Saved data entries

-- Opening Marker --

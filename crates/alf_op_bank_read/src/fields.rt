// What a field of a bank file says: a field is given by the bytes from its tag to the end of the file.
// It stays a slice, and `Reaches` a clause: is_whole and is_listed, which say whether it reaches, are asked of the same bytes before.
ghost use Rattle.std.specs.Prelude.{◌≡◌, ◌+◌, ◌*◌, ◌≤◌, ◌<◌, length};
ghost use Rattle.alf_bank.specs.Filters.{shape_of, order_of, id_valid};
ghost use Rattle.alf_bank.specs.Reading.{length_of, whole, listed, id_of, tag_of, clip_at, clips_valid, zero_field};
ghost use Rattle.alf_op_bank_read.specs.Fields.{Reaches};

use alf_bank::FilterId;
use alf_bank::filters::{shape_of, size_of};

// A word of two bytes, most significant first.
fn word(high: u8, low: u8) -> usize
    ensures { (result ≡ 256 * high + low) × (result < 65536) }
{
    usize::from(u16::from_be_bytes([high, low]))
}

// The length that a field states.
#[tactic(auto, unfolding(alf_bank::specs::Reading::length_of))]
pub fn length_of(field: &[u8]) -> usize
    requires { 3 ≤ length field.now }
    ensures { (result ≡ length_of field.now) × (result < 65536) }
{
    word(field[1], field[2])
}

// Whether a field is whole: tag and length are there, and as many bytes as the length says.
#[tactic(auto, unfolding(alf_bank::specs::Reading::whole))]
pub fn is_whole(field: &[u8]) -> bool
    ensures { result ≡ whole field.now }
{
    3 <= field.len() && 3 + length_of(field) <= field.len()
}

// Whether the tag and the length of a field are listed: 1 for tag 1, and the size of a filter for the tags of filters.
#[tactic(auto, unfolding(alf_bank::specs::Reading::listed))]
pub fn is_listed(field: &[u8]) -> bool
    requires { 3 ≤ length field.now }
    ensures { result ≡ listed field.now }
{
    let tag = field[0];
    let length = length_of(field);
    match tag {
        1 => length == 1,
        2..=4 => length == size_of(tag),
        _ => false,
    }
}

// The filter that a filter's field names, by its tag and its leading numbers.
#[tactic(auto, unfolding(alf_bank::specs::Reading::id_of))]
pub fn id_of(field: &[u8]) -> FilterId
    requires { 6 ≤ length field.now }
    ensures { result ≡ id_of field.now }
{
    let tag = field[0];
    let (component, filter) = match tag {
        2 | 3 => (0, field[4]),
        _ => (field[4], field[5]),
    };
    FilterId {
        tag,
        aps: field[3],
        component,
        filter,
    }
}

// Whether the numbers that name a filter are listed for its tag.
#[tactic(auto, unfolding(alf_bank::specs::Filters::id_valid))]
pub fn id_valid(id: FilterId) -> bool
    ensures { result ≡ id_valid id }
{
    let listed = match id.tag {
        2 => id.filter < 25,
        3 => id.filter < 8,
        _ => (id.component < 2) & (id.filter < 4),
    };
    (id.aps < 8) & listed
}

// A filter's place in file order.
#[tactic(auto, unfolding(alf_bank::specs::Filters::order_of))]
pub fn order_of(id: FilterId) -> usize
    ensures { (result ≡ order_of id) × (result < 8192) }
{
    let aps = usize::from(id.aps);
    let filter = usize::from(id.filter);
    match id.tag {
        2 => 25 * aps + filter,
        3 => 200 + (8 * aps + filter),
        _ => 264 + (8 * aps + (4 * usize::from(id.component) + filter)),
    }
}

// Clip j of a filter's field.
#[tactic(auto, unfolding(alf_bank::specs::Reading::clip_at))]
pub fn clip_word(field: &[u8], j: usize) -> usize
    requires { Reaches field.now × (j < (shape_of (tag_of field.now)).clips) }
    ensures { result ≡ clip_at field.now j }
{
    let shape = shape_of(field[0]);
    let k = shape.leads + shape.coeffs + 2 * j;
    word(field[3 + k], field[3 + (k + 1)])
}

// Whether each clip of a filter's field is at most the limit.
pub fn clips_valid(field: &[u8], limit: usize) -> bool
    requires { Reaches field.now }
    ensures { result ≡ clips_valid limit field.now }
{
    let clips = shape_of(field[0]).clips;
    (0..clips).all(|j| clip_word(field, j) <= limit)
}

// Whether the coefficients and clips of a filter's field are all zero.
pub fn zero_field(field: &[u8]) -> bool
    requires { Reaches field.now }
    ensures { result ≡ zero_field field.now }
{
    let tag = field[0];
    let start = 3 + shape_of(tag).leads;
    let end = 3 + size_of(tag);
    field[start..end].iter().all(|byte| *byte == 0)
}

-- Closing Marker --

Locate and copy each line in the data above that includes the word "match".

Output for this exercise:
    match tag {
    let (component, filter) = match tag {
    let listed = match id.tag {
    match id.tag {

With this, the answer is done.